▶ **Working data**:
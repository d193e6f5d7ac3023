ghost use Rattle.std.specs.Prelude.{◌≡◌, length, MatchResult};
ghost use Rattle.ots_outside.specs.SmallBytes.{IsSmall};

use crate::small_bytes::SmallBytes;
use std::marker::Model;

/// The number of bytes of something that is no digest: not 1 to 64.
#[derive(Clone, Copy, Debug, PartialEq, Eq)]
pub struct DigestLength(pub u64);

/// A digest that is handed in to be timestamped: 1 to 64 bytes.
///
/// Contracts see the list of these bytes.
#[derive(Clone, Copy, Debug)]
pub struct Leaf {
    kept: SmallBytes,
}

impl Model for Leaf {
    ghost use Rattle.std.specs.Prelude.{ℕ, List};

    ghost Value = { List ℕ };

    ghost view = { λ leaf. leaf.kept };

    ghost inverse = { λ bytes. record { kept = bytes } };
}

impl Leaf {
    /// The leaf of these bytes, or `DigestLength` with their number exactly where they are none or
    /// more than 64.
    pub fn new(bytes: &[u8]) -> Result<Leaf, DigestLength>
        ensures { MatchResult result (λ leaf. IsSmall bytes.now × (leaf ≡ bytes.now))
            (λ refused. ¬ (IsSmall bytes.now) × (refused.0 ≡ length bytes.now)) }
    {
        match SmallBytes::new(bytes) {
            Some(kept) => Ok(Leaf { kept }),
            None => Err(DigestLength(bytes.len() as u64)),
        }
    }

    /// The bytes, 1 to 64 of them.
    pub fn bytes(&self) -> &[u8]
        ensures bytes { result.now ≡ self.now }
        ensures limits { IsSmall self.now }
    {
        self.kept.bytes()
    }
}
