// What a run is done on.
use ots_row_words::{malformed, number_of};
use std::alloc::{AllocError, Global};
use std::io;

/// A link to come: the bytes that it sends, and which of its calls fail in the next run.
#[derive(Drop)]
pub struct Coming {
    pub bytes: Vec<u8>,
    pub failing: Vec<u64>,
}

/// Which calls of each object but the links fail in the next run, the first of each being 1.
#[derive(Drop)]
pub struct Failing {
    pub accepter: Vec<u64>,
    pub dialer: Vec<u64>,
    pub nonces: Vec<u64>,
    pub sink: Vec<u64>,
}

impl Failing {
    /// No call fails.
    pub fn none(alloc: Global) -> Failing {
        Failing {
            accepter: Vec::new(alloc),
            dialer: Vec::new(alloc),
            nonces: Vec::new(alloc),
            sink: Vec::new(alloc),
        }
    }
}

/// What a run is done on: the links to come, the nonces, the replies of the calendars, and what fails.
#[derive(Drop)]
pub struct On {
    pub links: Vec<Coming>,
    pub nonces: Vec<u8>,
    pub replies: Vec<Vec<u8>>,
    pub failing: Failing,
}

impl On {
    /// No link, no nonce, no reply, and no call that fails.
    pub fn new(alloc: Global) -> On {
        On {
            links: Vec::new(alloc),
            nonces: Vec::new(alloc),
            replies: Vec::new(alloc),
            failing: Failing::none(alloc),
        }
    }

    /// So many links more come, each of which sends this.
    pub fn add_links(&mut self, alloc: Global, count: u64, bytes: &[u8]) -> Result<(), AllocError> {
        for _ in 0..count {
            self.links.push(Coming {
                bytes: bytes.to_vec(alloc)?,
                failing: Vec::new(alloc),
            })?;
        }
        Ok(())
    }

    /// These calls of an object fail in the next run.
    pub fn fail(&mut self, object: &str, calls: Vec<u64>) -> io::Result<()> {
        match object {
            "accepter" => self.failing.accepter = calls,
            "dialer" => self.failing.dialer = calls,
            "nonces" => self.failing.nonces = calls,
            "sink" => self.failing.sink = calls,
            _ => self.fail_link(object, calls)?,
        }
        Ok(())
    }

    /// These calls of the link with this number fail in the next run.
    fn fail_link(&mut self, object: &str, calls: Vec<u64>) -> io::Result<()> {
        let number = object.strip_prefix("link").ok_or_else(malformed)?;
        let place = place_of(number)?;
        self.links.get_mut(place).ok_or_else(malformed)?.failing = calls;
        Ok(())
    }

    /// No call fails any more.
    pub fn forget(&mut self, alloc: Global) {
        self.failing = Failing::none(alloc);
        for link in self.links.iter_mut() {
            link.failing = Vec::new(alloc);
        }
    }
}

/// The place of the one with this number, of which the first is 1.
pub fn place_of(number: &str) -> io::Result<usize> {
    let place = number_of(number)?.checked_sub(1).ok_or_else(malformed)?;
    Ok(place as usize)
}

▶ **To do**: Could you output every entry from the listing above without altering a word?

▶ **Response below**:
repository d193e6f5d7ac3023
ghost use Rattle.std.specs.Prelude.{◌≡◌, length, MatchResult};
ghost use Rattle.ots_outside.specs.SmallBytes.{IsSmall};

use crate::small_bytes::SmallBytes;
use std::marker::Model;

/// The number of bytes of something that is no digest: not 1 to 64.
#[derive(Clone, Copy, Debug, PartialEq, Eq)]
pub struct DigestLength(pub u64);

/// A digest that is handed in to be timestamped: 1 to 64 bytes.
///
/// Contracts see the list of these bytes.
#[derive(Clone, Copy, Debug)]
pub struct Leaf {
    kept: SmallBytes,
}

impl Model for Leaf {
    ghost use Rattle.std.specs.Prelude.{ℕ, List};

    ghost Value = { List ℕ };

    ghost view = { λ leaf. leaf.kept };

    ghost inverse = { λ bytes. record { kept = bytes } };
}

impl Leaf {
    /// The leaf of these bytes, or `DigestLength` with their number exactly where they are none or
    /// more than 64.
    pub fn new(bytes: &[u8]) -> Result<Leaf, DigestLength>
        ensures { MatchResult result (λ leaf. IsSmall bytes.now × (leaf ≡ bytes.now))
            (λ refused. ¬ (IsSmall bytes.now) × (refused.0 ≡ length bytes.now)) }
    {
        match SmallBytes::new(bytes) {
            Some(kept) => Ok(Leaf { kept }),
            None => Err(DigestLength(bytes.len() as u64)),
        }
    }

    /// The bytes, 1 to 64 of them.
    pub fn bytes(&self) -> &[u8]
        ensures bytes { result.now ≡ self.now }
        ensures limits { IsSmall self.now }
    {
        self.kept.bytes()
    }
}
// What a run is done on.
use ots_row_words::{malformed, number_of};
use std::alloc::{AllocError, Global};
use std::io;

/// A link to come: the bytes that it sends, and which of its calls fail in the next run.
#[derive(Drop)]
pub struct Coming {
    pub bytes: Vec<u8>,
    pub failing: Vec<u64>,
}

/// Which calls of each object but the links fail in the next run, the first of each being 1.
#[derive(Drop)]
pub struct Failing {
    pub accepter: Vec<u64>,
    pub dialer: Vec<u64>,
    pub nonces: Vec<u64>,
    pub sink: Vec<u64>,
}

impl Failing {
    /// No call fails.
    pub fn none(alloc: Global) -> Failing {
        Failing {
            accepter: Vec::new(alloc),
            dialer: Vec::new(alloc),
            nonces: Vec::new(alloc),
            sink: Vec::new(alloc),
        }
    }
}

/// What a run is done on: the links to come, the nonces, the replies of the calendars, and what fails.
#[derive(Drop)]
pub struct On {
    pub links: Vec<Coming>,
    pub nonces: Vec<u8>,
    pub replies: Vec<Vec<u8>>,
    pub failing: Failing,
}

impl On {
    /// No link, no nonce, no reply, and no call that fails.
    pub fn new(alloc: Global) -> On {
        On {
            links: Vec::new(alloc),
            nonces: Vec::new(alloc),
            replies: Vec::new(alloc),
            failing: Failing::none(alloc),
        }
    }

    /// So many links more come, each of which sends this.
    pub fn add_links(&mut self, alloc: Global, count: u64, bytes: &[u8]) -> Result<(), AllocError> {
        for _ in 0..count {
            self.links.push(Coming {
                bytes: bytes.to_vec(alloc)?,
                failing: Vec::new(alloc),
            })?;
        }
        Ok(())
    }

    /// These calls of an object fail in the next run.
    pub fn fail(&mut self, object: &str, calls: Vec<u64>) -> io::Result<()> {
        match object {
            "accepter" => self.failing.accepter = calls,
            "dialer" => self.failing.dialer = calls,
            "nonces" => self.failing.nonces = calls,
            "sink" => self.failing.sink = calls,
            _ => self.fail_link(object, calls)?,
        }
        Ok(())
    }

    /// These calls of the link with this number fail in the next run.
    fn fail_link(&mut self, object: &str, calls: Vec<u64>) -> io::Result<()> {
        let number = object.strip_prefix("link").ok_or_else(malformed)?;
        let place = place_of(number)?;
        self.links.get_mut(place).ok_or_else(malformed)?.failing = calls;
        Ok(())
    }

    /// No call fails any more.
    pub fn forget(&mut self, alloc: Global) {
        self.failing = Failing::none(alloc);
        for link in self.links.iter_mut() {
            link.failing = Vec::new(alloc);
        }
    }
}

/// The place of the one with this number, of which the first is 1.
pub fn place_of(number: &str) -> io::Result<usize> {
    let place = number_of(number)?.checked_sub(1).ok_or_else(malformed)?;
    Ok(place as usize)
}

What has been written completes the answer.